The generalization of Newton's 2nd law to general relativity is given by
$$ m \frac{d^2 x^\mu}{d\tau^2} + m \Gamma^\mu_{\alpha\beta} \frac{dx^\alpha}{d\tau} \frac{dx^\beta}{d\tau} = f^\mu \qquad (\star)$$
where $\tau$ is the proper time along the particle's worldline, $f$ is the net 4-force acting on the particle, and $\Gamma^\mu_{\alpha\beta}$ are the Christoffel symbols corresponding to your choice of coordinates.
In inertial Cartesian coordinates, all of the $\Gamma$s are equal to zero which means that
$$m \frac{d^2x^\mu}{d\tau^2} = f^\mu$$
If you pick different coordinates in which the $\Gamma$s are not zero, then obviously you're going to need to include that extra term. This happens if you use polar coordinates, for example, but it also occurs when you use accelerated Cartesian coordinates. In the latter case, what you can do is simply move the extra terms to the other side of the equation and call them pseudoforces:
$$m \frac{d^2 x^\mu}{d\tau^2} = f^\mu - \underbrace{m \Gamma^\mu_{\alpha\beta} \frac{dx^\alpha}{d\tau} \frac{dx^\beta}{d\tau}}_{\text{pseudoforce}}$$
Example: The coordinates which correspond to a relativistic observer undergoing constant proper acceleration are the Rindler coordinates. In this coordinate system, assuming proper acceleration $a_0$ along the $x$-axis, the line element becomes
$$ds^2 = -\left(1+ \frac{a_0 x}{c^2}\right)^2 c^2dt^2 + dx^2+dy^2+dz^2$$
The nonzero Christoffel symbols are
$$\Gamma^0_{10} = \Gamma^0_{01} = \frac{a_0/c^2}{1+a_0 x/c^2}\qquad \Gamma^1_{00} = \left(1+\frac{a_0 x}{c^2}\right)a_0/c^2$$
which means that the relativistic generalization of Newton's 2nd law for $x$ is
$$ m \left(\frac{d^2x}{d\tau^2} + a_0 \frac{1+\frac{a_0 x}{c^2}}{\left(1+ \frac{a_0 x}{c^2}\right)^2 - \frac{v^2}{c^2}}\right) = f_x$$
In the nonrelativistic limit, this becomes
$$m \left(\frac{d^2 x}{dt^2} + a_0\right) = f_x \iff m \frac{dx^2}{dt^2} = f_x \underbrace{ -\ m a_0}_{\text{pseudoforce}}$$
which is exactly what we'd need to do in Newtonian mechanics if we wanted to switch to an non-inertial frame accelerating with $\mathbf a = a_0 \hat x$.

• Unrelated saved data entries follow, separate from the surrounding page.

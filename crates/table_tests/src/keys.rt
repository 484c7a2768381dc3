//! Lookups of keys that the writer links and replaces.
ghost use Rattle.std.specs.Prelude.{◌≡◌, All, IfSome, length};
ghost use Rattle.table_words.specs.History.{inside};
ghost use Rattle.map_table.specs.Held.{IsKnown, IsReady};
ghost use Rattle.map_table.specs.Values.{stored_of};

use map_table::{MapTable, ReadSeat, Secret, TableShape, Values, Writer};
use std::test::Fail;

/// A table for 1,024 keys of two words and values of one, with twice as many ways.
const SHAPE: TableShape = TableShape {
    readers: 2,
    buckets: 256,
    elements: 1024,
    key_words: 2,
    value_words: 1,
    values: Values::Shared,
    secret: Secret {
        first: 0x1234_5678_9abc_def0,
        second: 0x0fed_cba9_8765_4321,
    },
};

/// The word of the value that a lookup finds, in the section that is open.
fn find(table: &MapTable, seat: &mut ReadSeat, number: u64) -> Option<u64>
    requires table { seat.old.table ≡ table.now }
    requires inside { inside seat.old.view.mine ≡ 1 }
    requires known { IsKnown seat.old.view }
    requires key { table.now.shape.key_words ≡ 2 }
    requires value { stored_of table.now.shape ≡ 1 }
    ensures table { seat.new.table ≡ table.now }
    ensures inside { inside seat.new.view.mine ≡ 1 }
{
    let element = table.lookup(seat, &[number, 7])?;
    Some(table.load(seat, element, 2))
}

/// The same, in a section of its own.
fn look_up(table: &MapTable, seat: &mut ReadSeat, number: u64) -> Option<u64>
    requires ready { IsReady table.now seat.old }
    requires key { table.now.shape.key_words ≡ 2 }
    requires value { stored_of table.now.shape ≡ 1 }
    ensures ready { IsReady table.now seat.new }
{
    table.open(seat);
    let word = find(table, seat, number);
    table.close(seat);
    word
}

/// Links the keys from 0 up to 2,000 at most, as long as there is room, each with its number as its value, and tells how
/// many.
fn link_all(table: &MapTable, writer: &mut Writer) -> u64
    requires table { writer.old.table ≡ table.now }
    requires key { table.now.shape.key_words ≡ 2 }
    requires value { stored_of table.now.shape ≡ 1 }
    ensures table { writer.new.table ≡ table.now }
{
    for number in 0..2000 {
        if writer.link(table, &[number, 7], &[number]).is_none() {
            return number;
        }
    }
    2000
}

/// How many keys below 2,000 are found with their numbers.
fn count_found(table: &MapTable, seat: &mut ReadSeat) -> u64
    requires ready { IsReady table.now seat.old }
    requires key { table.now.shape.key_words ≡ 2 }
    requires value { stored_of table.now.shape ≡ 1 }
    ensures ready { IsReady table.now seat.new }
{
    let mut found = 0u64;
    for number in 0..2000 {
        if look_up(table, seat, number) == Some(number) {
            found = found.saturating_add(1);
        }
    }
    found
}

/// How many keys are found in a new table, how many there is room for, and how many are found then.
fn counts(table: &MapTable, seats: &mut [ReadSeat], writer: &mut Writer) -> Option<[u64; 3]>
    requires ready { All (IsReady table.now) seats.old }
    requires table { writer.old.table ≡ table.now }
    requires shape { table.now.shape ≡ SHAPE }
{
    let [seat, ..] = seats else {
        return None;
    };
    let before = count_found(table, seat);
    let linked = link_all(table, writer);
    Some([before, linked, count_found(table, seat)])
}

/// A table takes as many keys as it was made for, and each is found with its own value.
#[test]
fn each_key_is_found(rt: HostRuntime) -> Result<(), Fail> {
    let (table, mut seats, mut writer) = MapTable::new(rt.alloc(), SHAPE)?;
    assert!(rt; seats.count() == 2);
    let counts = counts(&table, &mut seats.list, &mut writer);
    assert!(rt; counts == Some([0, 1024, 1024]));
    Ok(())
}

/// Links a key and replaces its value: what a lookup finds after the one and after the other.
fn link_and_replace(
    table: &MapTable,
    seat: &mut ReadSeat,
    writer: &mut Writer,
) -> Option<[Option<u64>; 2]>
    requires ready { IsReady table.now seat.old }
    requires table { writer.old.table ≡ table.now }
    requires shape { table.now.shape ≡ SHAPE }
    ensures ready { IsReady table.now seat.new }
    ensures table { writer.new.table ≡ table.now }
{
    let way = writer.link(table, &[5, 7], &[50])?;
    let linked = look_up(table, seat, 5);
    if !writer.replace(table, way, &[5, 7], &[51]) {
        return None;
    }
    Some([linked, look_up(table, seat, 5)])
}

/// How many elements are reclaimed while the first reader alone is inside a section, and how many stay unlinked.
fn reclaim_beside(table: &MapTable, first: &mut ReadSeat, writer: &mut Writer) -> [usize; 2]
    requires ready { IsReady table.now first.old }
    requires table { writer.old.table ≡ table.now }
    ensures ready { IsReady table.now first.new }
{
    table.open(first);
    let late = writer.reclaim(table);
    table.close(first);
    [late, writer.unlinked().len()]
}

/// Replaces the value of a key that was just linked, while the second reader is inside a section, and has its first element
/// back after each reader was seen outside, though they take turns inside. What the lookups find: after the link, after
/// the replacement, and at the end; and how many elements are unlinked and reclaimed: first, then, and at the end.
fn replace_beside(
    table: &MapTable,
    seats: &mut [ReadSeat],
    writer: &mut Writer,
) -> Option<([Option<u64>; 3], [usize; 4])>
    requires ready { All (IsReady table.now) seats.old }
    requires table { writer.old.table ≡ table.now }
    requires shape { table.now.shape ≡ SHAPE }
{
    let (first, second) = two_seats(table, seats)?;
    table.open(second);
    let [linked, replaced] = link_and_replace(table, first, writer)?;
    let (waiting, early) = (writer.unlinked().len(), writer.reclaim(table));
    table.close(second);
    let [late, left] = reclaim_beside(table, first, writer);
    let last = look_up(table, first, 5);
    Some(([linked, replaced, last], [waiting, early, late, left]))
}

/// Replaces the value of a key beside a reader, and reclaims twice in its section and once in its next one: how many
/// elements each call frees.
fn reclaim_over_sections(
    table: &MapTable,
    reader: &mut ReadSeat,
    writer: &mut Writer,
) -> Option<[usize; 3]>
    requires table { writer.old.table ≡ table.now }
    requires shape { table.now.shape ≡ SHAPE }
    requires reader { IsReady table.now reader.old }
{
    table.open(reader);
    let way = writer.link(table, &[5, 7], &[50])?;
    if !writer.replace(table, way, &[5, 7], &[51]) {
        return None;
    }
    let (first, second) = (writer.reclaim(table), writer.reclaim(table));
    table.close(reader);
    table.open(reader);
    let third = writer.reclaim(table);
    table.close(reader);
    Some([first, second, third])
}

/// A reader that begins its next section between two looks holds up nothing, though each look finds it inside.
#[test]
fn next_section_frees(rt: HostRuntime) -> Result<(), Fail> {
    let (table, mut seats, mut writer) = MapTable::new(rt.alloc(), SHAPE)?;
    let Some(reader) = seats.list.first_mut() else {
        return Err(Fail::from("no seat"));
    };
    let freed = reclaim_over_sections(&table, reader, &mut writer);
    assert!(rt; freed == Some([0, 0, 1]));
    Ok(())
}

/// A replaced value is found, and its element is free once no reader is inside.
#[test]
fn replaced_value_is_found(rt: HostRuntime) -> Result<(), Fail> {
    let (table, mut seats, mut writer) = MapTable::new(rt.alloc(), SHAPE)?;
    let replaced = replace_beside(&table, &mut seats.list, &mut writer);
    assert!(rt; replaced == Some(([Some(50), Some(51), Some(51)], [1, 0, 1, 0])));
    Ok(())
}

/// Links a key that is not there. Whether it is then found where it was linked, and no other key is.
fn is_found_alone(table: &MapTable, writer: &mut Writer) -> bool
    requires table { writer.old.table ≡ table.now }
    requires shape { table.now.shape ≡ SHAPE }
    ensures table { writer.new.table ≡ table.now }
{
    let before = writer.find(table, &[5, 7]);
    let linked = writer.link(table, &[5, 7], &[50]);
    let found = writer.find(table, &[5, 7]);
    let other = writer.find(table, &[6, 7]);
    linked.is_some() && [before, found, other] == [None, linked, None]
}

/// Finds the way of a key by the key alone, and unlinks it: its element.
pub fn unlink_found(table: &MapTable, writer: &mut Writer, key: &[u64]) -> Option<usize>
    requires table { writer.old.table ≡ table.now }
    requires key { length key.now ≡ table.now.shape.key_words }
    ensures table { writer.new.table ≡ table.now }
{
    let way = writer.find(table, key)?;
    let element = writer.element_at(way);
    writer.unlink(table, way);
    element
}

/// Unlinks the one key that is linked. Whether its element is then unlinked, and all others are free.
fn is_unlinked(table: &MapTable, writer: &mut Writer) -> bool
    requires table { writer.old.table ≡ table.now }
    requires shape { table.now.shape ≡ SHAPE }
{
    let before = writer.count_linked(table);
    let element = unlink_found(table, writer, &[5, 7]);
    let after = writer.find(table, &[5, 7]);
    let counts = [before, writer.count_linked(table), writer.free().len()];
    [element, after] == [Some(1023), None]
        && counts == [1, 0, 1023]
        && writer.unlinked() == &[1023][..]
}

/// The writer finds a key that is linked, and no other.
#[test]
fn key_is_found_and_unlinked(rt: HostRuntime) -> Result<(), Fail> {
    let (table, _, mut writer) = MapTable::new(rt.alloc(), SHAPE)?;
    assert!(rt; is_found_alone(&table, &mut writer) && is_unlinked(&table, &mut writer));
    Ok(())
}

/// The first two seats.
pub fn two_seats<'a>(
    table: &MapTable,
    list: &'a mut [ReadSeat],
) -> Option<(&'a mut ReadSeat, &'a mut ReadSeat)>
    requires { All (IsReady table.now) list.old }
    ensures { IfSome result (λ p. IsReady table.now p.0.now × IsReady table.now p.1.now) }
{
    let _ = table;
    let [first, second, ..] = list else {
        return None;
    };
    Some((first, second))
}

/// Makes a seat, and tells whether its reader finds the one key that is linked, with its number, and no other.
fn finds_from_its_seat_on(table: &MapTable, writer: &mut Writer) -> bool
    requires table { writer.old.table ≡ table.now }
    requires shape { table.now.shape ≡ SHAPE }
    ensures table { writer.new.table ≡ table.now }
{
    let Some(mut seat) = writer.seat(table) else {
        return false;
    };
    let found = [look_up(table, &mut seat, 5), look_up(table, &mut seat, 6)];
    found == [Some(50), None]
}

/// How many seats there are to make.
fn seats_left(table: &MapTable, writer: &Writer) -> usize
    requires { writer.now.table ≡ table.now }
{
    writer.count_seats(table)
}

/// Of a table without seats each reader's is made once, finds what was linked before, and then there is none.
fn makes_each_seat(table: &MapTable, writer: &mut Writer) -> Option<[usize; 3]>
    requires table { writer.old.table ≡ table.now }
    requires shape { table.now.shape ≡ SHAPE }
{
    let before = seats_left(table, writer);
    writer.link(table, &[5, 7], &[50])?;
    if !finds_from_its_seat_on(table, writer) {
        return None;
    }
    let between = seats_left(table, writer);
    if !finds_from_its_seat_on(table, writer) || writer.seat(table).is_some() {
        return None;
    }
    Some([before, between, seats_left(table, writer)])
}

/// A table's seats are made later than the table and what is linked in it.
#[test]
fn seats_are_made_later(rt: HostRuntime) -> Result<(), Fail> {
    let (table, mut writer) = MapTable::unseated(rt.alloc(), SHAPE)?;
    let left = makes_each_seat(&table, &mut writer);
    assert!(rt; left == Some([2, 1, 0]));
    Ok(())
}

So in summary, you have the following options:
- Choose a coordinate system in which all the $\Gamma$s vanish - that is, a global inertial frame. Such frames generally do not exist in curved spacetime, so you can only do this in the context of SR.
- Recognize and accept that the left-hand side of $(\star)$ has additional terms due to the $\Gamma$s, which reflect the fact that your coordinate basis changes with position. If you've ever constructed Newton's laws in polar coordinates, this is what you do.
- Move the term $m\Gamma^\mu_{\alpha\beta}\frac{dx^\alpha}{d\tau} \frac{dx^\beta}{d\tau}$ to the right-hand side of the equation and call it a pseudoforce. If you've ever constructed Newton's laws in a non-inertial frame, this is what you probably did.
In general curved spacetime, you can't escape the $\Gamma$s so your options are limited to 2 and 3. When the Wiki article says that you don't need pseudoforces, it means that you can choose option 2, not that you can ignore them outright.
Finally, though in GR you cannot make the $\Gamma$s vanish everywhere, you can always make an instantaneous choice of coordinates to make them vanish at a point. As a result, at any given instant of time you can choose coordinates such that $f^\mu_{\mathrm{pseudo}} \equiv -m \Gamma^\mu_{\alpha\beta} \frac{dx^\alpha}{d\tau} \frac{dx^\beta}{d\tau} = 0$. Because $f^\mu_{\mathrm{pseudo}}$ can be set to zero by a coordinate transformation, we know that it is not a 4-vector because if a 4-vector vanishes in one coordinate system, it must vanish in all coordinate systems. This is the mathematical distinction between real forces, which are 4-vectors and therefore coordinate-independent geometrical objects, and pseudoforces, which can be viewed as artifacts of your choice of coordinates.